Somehow, she had been made many times the woman by these mere
extraneous trappings; and in his mind these wild Arabian Nights
adventures of hers seemed thrice as wonderful.

As they went in to breakfast he became aware that Munster and
Sparrowhawk had received a similar shock. All their air of
camaraderie was dissipated, and they had become abruptly and
immensely respectful.

"I've opened up a new field," she said, as she began pouring the
coffee. "Old Kina-Kina will never forget me, I'm sure, and I can
recruit there whenever I want. I saw Morgan at Guvutu. He's
willing to contract for a thousand boys at forty shillings per
head. Did I tell you that I'd taken out a recruiting license for
the Martha? I did, and the Martha can sign eighty boys every trip.

Sheldon smiled a trifle bitterly to himself. The wonderful woman
who had tripped across the compound in her Sydney clothes was gone,
and he was listening to the boy come back again.

CHAPTER XIX--THE LOST TOY

"Well," Joan said with a sigh, "I've shown you hustling American
methods that succeed and get somewhere, and here you are beginning
your muddling again."

Five days had passed, and she and Sheldon were standing on the
veranda watching the Martha, close-hauled on the wind, laying a
tack off shore. During those five days Joan had never once
broached the desire of her heart, though Sheldon, in this
particular instance reading her like a book, had watched her lead
up to the question a score of times in the hope that he would
himself suggest her taking charge of the Martha. She had wanted
him to say the word, and she had steeled herself not to say it
herself. The matter of finding a skipper had been a hard one. She
was jealous of the Martha, and no suggested man had satisfied her.

"Oleson?" she had demanded. "He does very well on the Flibberty,
with me and my men to overhaul her whenever she's ready to fall to
pieces through his slackness. But skipper of the Martha?
Impossible!"

"Munster? Yes, he's the only man I know in the Solomons I'd care
to see in charge. And yet, there's his record. He lost the
Umbawa--one hundred and forty drowned. He was first officer on the
bridge. Deliberate disobedience to instructions. No wonder they
broke him.

"Christian Young has never had any experience with large boats.
Besides, we can't afford to pay him what he's clearing on the
Minerva. Sparrowhawk is a good man--to take orders. He has no
initiative. He's an able sailor, but he can't command. I tell you
I was nervous all the time he had charge of the Flibberty at
Poonga-Poonga when I had to stay by the Martha."

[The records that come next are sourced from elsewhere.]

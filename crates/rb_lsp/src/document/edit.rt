//! The difference between two texts, as one edit.

ghost use Rattle.std.specs.Prelude.{◌≡◌, ◌+◌, ◌-◌, ◌<◌, ◌≤◌, true, length, get_or};
ghost use Rattle.rb_lsp.specs.declared.document.limits.TheConstants.{MAX_TEXT};
ghost use Rattle.rb_lsp.specs.Changes.{changed};
ghost use Rattle.rb_lsp.specs.Edits.{common, common_end, new_between, place_before, place_behind, range_between};
ghost use Rattle.rb_lsp.specs.Places.{begins, is_place, is_within, stands_between};

use crate::document::position::{Encoding, Range, feeds, position_of};

/// A new text for a range.
#[derive(Clone, Copy)]
pub struct TextEdit<'a> {
    pub range: Range,
    pub new: &'a [u8],
}

/// One edit that turns a text into another: the bytes between their common beginning and their common end are replaced. Neither
/// end of its range is within a character, or between CR and LF.
pub fn edit_between<'n>(encoding: Encoding, old: &[u8], new: &'n [u8]) -> TextEdit<'n>
    requires { length old.now ≤ MAX_TEXT }
    ensures range { result.range ≡ range_between encoding old.now new.now }
    ensures new { result.new.now ≡ new_between old.now new.now }
    ensures made { begins old.now ≡ true → changed encoding result.range result.new.now old.now ≡ new.now }
{
    let front = place_before(common(old, new), old);
    let stop = place_behind(old.len() - common_end(old, new, front), old);
    TextEdit {
        range: Range {
            start: position_of(encoding, front, old),
            end: position_of(encoding, stop, old),
        },
        new: &new[front..new.len() - (old.len() - stop)],
    }
}

// How many bytes are the same at the beginning.
fn common(old: &[u8], new: &[u8]) -> usize
    ensures within { (result ≤ length old.now) × (result ≤ length new.now) }
    ensures value { result ≡ common old.now new.now }
{
    let most = old.len().min(new.len());
    for i in 0..most {
        if old[i] != new[i] {
            return i;
        }
    }
    most
}

// How many bytes are the same at the end, not counting the first `front`.
fn common_end(old: &[u8], new: &[u8], front: usize) -> usize
    requires { (front ≤ length old.now) × (front ≤ length new.now) }
    ensures within { (front + result ≤ length old.now) × (front + result ≤ length new.now) }
    ensures value { result ≡ common_end front old.now new.now }
{
    let most = (old.len() - front).min(new.len() - front);
    for i in 0..most {
        if old[old.len() - 1 - i] != new[new.len() - 1 - i] {
            return i;
        }
    }
    most
}

// Whether an offset has a position.
fn is_place(at: usize, text: &[u8]) -> bool
    requires { at ≤ length text.now }
    ensures { result ≡ is_place at text.now }
{
    let before = byte_before(at, text);
    stands_between(before, &text[at..])
}

// The byte before an offset, or 0 if there is none.
fn byte_before(at: usize, text: &[u8]) -> u8
    requires { at ≤ length text.now }
    ensures some { 0 < at → result ≡ get_or text.now (at - 1) 0 }
    ensures none { at ≡ 0 → result ≡ 0 }
{
    if at > 0 { text[at - 1] } else { 0 }
}

// Whether a cut between this byte and these cuts neither a character nor CR LF.
fn stands_between(before: u8, rest: &[u8]) -> bool
    ensures { result ≡ stands_between before rest.now }
{
    begins(rest) && !(before == b'\r' && feeds(rest))
}

// Whether a character begins here, or nothing is left.
fn begins(rest: &[u8]) -> bool
    ensures { result ≡ begins rest.now }
{
    match rest {
        [b, ..] => !is_within(*b),
        [] => true,
    }
}

/// Whether a byte continues a character.
pub fn is_within(b: u8) -> bool
    ensures { result ≡ is_within b }
{
    b >= 128 && b < 192
}

// The last offset up to this one that has a position.
fn place_before(at: usize, text: &[u8]) -> usize
    requires { at ≤ length text.now }
    ensures before { result ≤ at }
    ensures value { result ≡ place_before at text.now }
{
    let mut place = at;
    while place > 0 && !is_place(place, text) {
        place -= 1;
    }
    place
}

// The first offset from this one on that has a position.
fn place_behind(at: usize, text: &[u8]) -> usize
    requires { at ≤ length text.now }
    ensures behind { (at ≤ result) × (result ≤ length text.now) }
    ensures value { result ≡ place_behind at text.now }
{
    let mut place = at;
    while place < text.len() && !is_place(place, text) {
        place += 1;
    }
    place
}
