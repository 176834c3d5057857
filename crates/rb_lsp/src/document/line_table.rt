//! Where the lines of a script begin.

ghost use Rattle.std.specs.Prelude.{◌≡◌, ◌≤◌, if◌then◌else◌, length, IsTrue};
ghost use Rattle.rb_lsp.specs.Tables.{HasNoReturn, feed_count, feed_start};

use crate::document::MAX_TEXT;
use crate::document::position::{Encoding, Position, line_behind, line_first, position_on};
use memchr::{memchr, memrchr};
use std::alloc::{AllocError, Global};

/// Where each line of a script begins, as an editor's position. A script's lines end at LF; an editor's also at CR and CR LF.
#[derive(Drop)]
pub struct LineTable {
    // If a text has no CR, its lines are those of an editor, and this is their number. Otherwise it is 0.
    plain: usize,
    // If a text has a CR: where each line begins.
    starts: Vec<Position>,
    // Where the text ends.
    end: Position,
}

// Whether the text has no carriage return.
fn has_no_return(text: &[u8]) -> bool
    ensures { IsTrue result → HasNoReturn text.now }
{
    memchr(b'\r', text).is_none()
}

fn one_if(is_so: bool) -> usize
    ensures value { result ≡ (if is_so then 1 else 0) }
    ensures most { result ≤ 1 }
{
    if is_so { 1 } else { 0 }
}

// How many line feeds the text has.
fn feed_count(text: &[u8]) -> usize
    ensures value { result ≡ feed_count text.now }
    ensures within { result ≤ length text.now }
{
    let mut count = 0;
    for b in text {
        count += one_if(*b == b'\n');
    }
    count
}

// Where the last line of the text begins.
fn last_start(text: &[u8]) -> usize
    ensures value { result ≡ feed_start (feed_count text.now) text.now }
    ensures few { feed_count text.now ≤ result }
    ensures within { result ≤ length text.now }
{
    match memrchr(b'\n', text) {
        Some(end) => end + 1,
        None => 0,
    }
}

impl LineTable {
    ghost use Rattle.std.specs.Prelude.{◌≡◌, ◌≤◌, length, IfOk};
    ghost use Rattle.rb_lsp.specs.declared.document.limits.TheConstants.{MAX_TEXT};
    ghost use Rattle.rb_lsp.specs.Tables.{HasNoReturn, IsTable, start_of};
    ghost use Rattle.rb_lsp.specs.declared.document.position.Encoding.{Encoding};
    ghost use Rattle.std.specs.Prelude.{List, ℕ};

    /// The lines of this text.
    pub fn new(alloc: Global, encoding: Encoding, text: &[u8]) -> Result<LineTable, AllocError>
        requires { length text.now ≤ MAX_TEXT }
        ensures { IfOk result (λ table. IsTable encoding text.now table) }
    {
        if has_no_return(text) {
            return Ok(LineTable::of_feeds(alloc, encoding, text));
        }
        LineTable::of_all(alloc, encoding, text)
    }

    // If a text has no CR, a line has the same number for an editor as for a script. This takes no memory.
    fn of_feeds(alloc: Global, encoding: Encoding, text: &[u8]) -> LineTable
        requires bounded { length text.now ≤ MAX_TEXT }
        requires plain { HasNoReturn text.now }
        ensures { IsTable encoding text.now result }
    {
        let feeds = feed_count(text);
        let first = line_first(feeds as u64);
        let end = position_on(encoding, first, last_start(text), text.len(), text);
        LineTable {
            plain: feeds + 1,
            starts: Vec::new(alloc),
            end,
        }
    }

    // For any text.
    fn of_all(alloc: Global, encoding: Encoding, text: &[u8]) -> Result<LineTable, AllocError>
        requires { length text.now ≤ MAX_TEXT }
        ensures { IfOk result (λ table. IsTable encoding text.now table) }
    {
        let mut starts = Vec::new(alloc);
        starts.push(line_first(0))?;
        let mut line = 0;
        let mut at = 0;
        while let Some(next) = line_behind(text, at) {
            line += 1;
            at = next;
            if text[at - 1] == b'\n' {
                starts.push(line_first(line))?;
            }
        }
        let end = position_on(encoding, line_first(line), at, text.len(), text);
        Ok(LineTable {
            plain: 0,
            starts,
            end,
        })
    }

    /// Where line `n` begins, counted from 0; the text's end if there are fewer lines.
    pub fn start_of(&self, n: usize) -> Position
        ensures { (encoding : Encoding) (text : List ℕ) → IsTable encoding text self.now → result ≡ start_of encoding n text }
    {
        if n < self.plain {
            return line_first(n as u64);
        }
        match self.starts.get(n) {
            Some(start) => *start,
            None => self.end,
        }
    }
}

And so it had gone. No name proposed was satisfactory, and,
moreover, Sheldon had been surprised by the accuracy of her
judgments. A dozen times she almost drove him to the statement
that from the showing she made of Solomon Islands sailors, she was
the only person fitted to command the Martha. But each time he
restrained himself, while her pride prevented her from making the
suggestion.

"Good whale-boat sailors do not necessarily make good schooner-
handlers," she replied to one of his arguments. "Besides, the
captain of a boat like the Martha must have a large mind, see
things in a large way; he must have capacity and enterprise."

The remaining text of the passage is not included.